Eduardo Uriarte-Editores

En la corte del gran sultán, aunque todo sepamos que La Moncloa no es Topkapi, la mentira es contagiosa, todo el que allí entra se convierte en un mentiroso. Personas mediocres o de brillante pasado acaban siendo cotidianos usuarios de ella, porque cuando el objetivo político reside en, disimuladamente y a base de pequeñas nutaciones constitucionales, acabar arrumbando el sistema del 78, la mentira a lomos de la propaganda se convierte en el principal instrumento político. Máxime cuando los protagonistas se creen sus propias mentiras, como que la derecha, a la que hay que odiar mucho, mucho -como a los romanos en la Vida de Brian- es la culpable de todo. El infantilismo va unido al izquierdismo, Lenin.

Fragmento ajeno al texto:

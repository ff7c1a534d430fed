//! Texts and lists that a value owns: contracts see a text as the list of its bytes, and a list as it is.
ghost use Rattle.std.specs.Prelude.{◌≡◌, [], IsUtf8, string_bytes, IfOk};

use arrayvec::ArrayString;
use lu_prims::OutOfMemory;
use std::alloc::Global;
use std::marker::Model;

/// The most bytes of a text that is kept in place.
const SHORT_BYTES: usize = 16;

/// Where the bytes of a text are kept: in place, or in the block of the string that it was made from.
#[derive(Debug, Drop)]
enum Kept {
    Short(ArrayString<SHORT_BYTES>),
    Long(String),
}

/// A text that its value owns. It is made from a `String` without taking memory; a copy of a short text is kept in place.
#[derive(Debug, Drop)]
pub struct Text {
    kept: Kept,
}

impl Model for Text {
    ghost use Rattle.std.specs.Prelude.{ℕ, List, IsUtf8};
    ghost use Rattle.lu_types.specs.KeptTexts.{kept_bytes};

    ghost Value = { List ℕ };

    ghost view = { λ t. kept_bytes t.kept };

    ghost invariant = { λ t. IsUtf8 (kept_bytes t.kept) };
}

impl Text {
    /// The text that the string holds.
    pub fn new(inner: String) -> Text
        ensures { result ≡ string_bytes inner }
    {
        Text {
            kept: Kept::Long(inner),
        }
    }

    /// The text: in place where it is short, else in a block of its own that has no room to spare.
    pub fn from_str(alloc: Global, text: &str) -> Result<Text, OutOfMemory>
        ensures { IfOk result (λ copy. copy ≡ text.now) }
    {
        match ArrayString::from(text) {
            Ok(short) => Ok(Text {
                kept: Kept::Short(short),
            }),
            Err(_) => Ok(Text::new(String::from_str(alloc, text)?)),
        }
    }

    /// The text that the string holds, with its spare room given back to the allocator: an empty text keeps no block.
    pub fn fitted(mut inner: String) -> Text
        ensures { result ≡ string_bytes inner }
    {
        inner.shrink_to_fit();
        Text::new(inner)
    }

    /// The text, lent.
    pub fn as_str(&self) -> &str
        ensures same { result.now ≡ self.now }
        ensures text { IsUtf8 self.now }
    {
        match &self.kept {
            Kept::Short(short) => short.as_str(),
            Kept::Long(inner) => inner.as_str(),
        }
    }

    /// The text as a string: the one that it was made from, without taking memory; or a copy of a text that is kept in place.
    pub fn into_string(self, alloc: Global) -> Result<String, OutOfMemory>
        ensures { IfOk result (λ string. string_bytes string ≡ self) }
    {
        let Text { kept } = self;
        match kept {
            Kept::Short(short) => Ok(String::from_str(alloc, short.as_str())?),
            Kept::Long(inner) => Ok(inner),
        }
    }
}

/// The payload of a token, which mostly is empty: then it takes no memory, and else one small block besides its bytes.
#[derive(Debug, Drop)]
pub struct Payload {
    inner: Option<Box<Vec<u8>>>,
}

impl Model for Payload {
    ghost use Rattle.std.specs.Prelude.{ℕ, List};
    ghost use Rattle.lu_grammar.specs.Bytes.{IsBytes};
    ghost use Rattle.lu_types.specs.KeptTexts.{payload_bytes};

    ghost Value = { List ℕ };

    ghost view = { λ p. payload_bytes p.inner };

    ghost invariant = { λ p. IsBytes (payload_bytes p.inner) };
}

impl Payload {
    /// No payload.
    pub fn none() -> Payload
        ensures { result ≡ [] }
    {
        Payload { inner: None }
    }

    /// The payload that these bytes are.
    pub fn new(alloc: Global, bytes: Vec<u8>) -> Result<Payload, OutOfMemory>
        ensures { IfOk result (λ payload. payload ≡ bytes.items) }
    {
        if bytes.is_empty() {
            return Ok(Payload::none());
        }
        match Box::new(alloc, bytes) {
            Ok(inner) => Ok(Payload { inner: Some(inner) }),
            Err(_) => Err(OutOfMemory),
        }
    }

    /// Its bytes, lent.
    pub fn as_slice(&self) -> &[u8]
        ensures { result.now ≡ self.now }
    {
        match &self.inner {
            Some(bytes) => bytes.as_ref().as_slice(),
            None => b"".as_slice(),
        }
    }

    /// The list that it was made from, without taking memory.
    pub fn into_vec(self, alloc: Global) -> Vec<u8>
        ensures { result.items ≡ self }
    {
        let Payload { inner } = self;
        match inner {
            Some(bytes) => Box::into_inner(bytes),
            None => Vec::new(alloc),
        }
    }
}

/// Bytes that their value owns.
pub type Bytes = Items<u8>;

/// Items that their value owns, in order. They are made from a `Vec` and give it back, without taking memory.
#[derive(Debug, Drop)]
pub struct Items<T> {
    inner: Vec<T>,
}

impl<T> Model for Items<T> {
    ghost use Rattle.std.specs.Prelude.{List};

    ghost Value = { List T };

    ghost view = { λ l. l.inner.items };
}

impl<T> Items<T> {
    /// The items that the list holds.
    pub fn new(inner: Vec<T>) -> Items<T>
        ensures { result ≡ inner.items }
    {
        Items { inner }
    }

    /// The items that the list holds, with its spare room given back to the allocator: an empty list keeps no block.
    pub fn fitted(mut inner: Vec<T>) -> Items<T>
        ensures { result ≡ inner.items }
    {
        inner.shrink_to_fit();
        Items { inner }
    }

    /// The items, lent.
    pub fn as_slice(&self) -> &[T]
        ensures { result.now ≡ self.now }
    {
        self.inner.as_slice()
    }

    /// The list that the items were made from.
    pub fn into_vec(self) -> Vec<T>
        ensures { result.items ≡ self }
    {
        self.inner
    }
}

Disimulo y mentira son históricos compañeros de viaje, el querer dar un golpe de estado se les achaca a otros cuando es desde palacio donde se está gestando, y para evidencia los sediciosos declarados de ERC que prestan apoyo al Gobierno. El ascenso al poder del sultán se dio mediante una anómala moción de censura no constructiva que contó con la traición del rufián de las comedias del siglo de oro, el vizcaíno, el apoyo de Rufián y los del palco del Liceu, y la cuadrilla de Iznogud, el que quiere ser califa en lugar del califa. Es decir, de todos los que quieren alejarse del sistema constitucional. Evidentemente, el sultán también lo quiere para ser más sultán, si no, no iría de la mano de tan declarados insurrectos. Sin embargo, a la opinión pública se nos dice que es la ultraderecha la que quiere dar el golpe. Y funciona, pero es muy peligroso, traslada la política a las trincheras, y suele encubrir, como en Venezuela, lo que está haciendo el que lo denuncia.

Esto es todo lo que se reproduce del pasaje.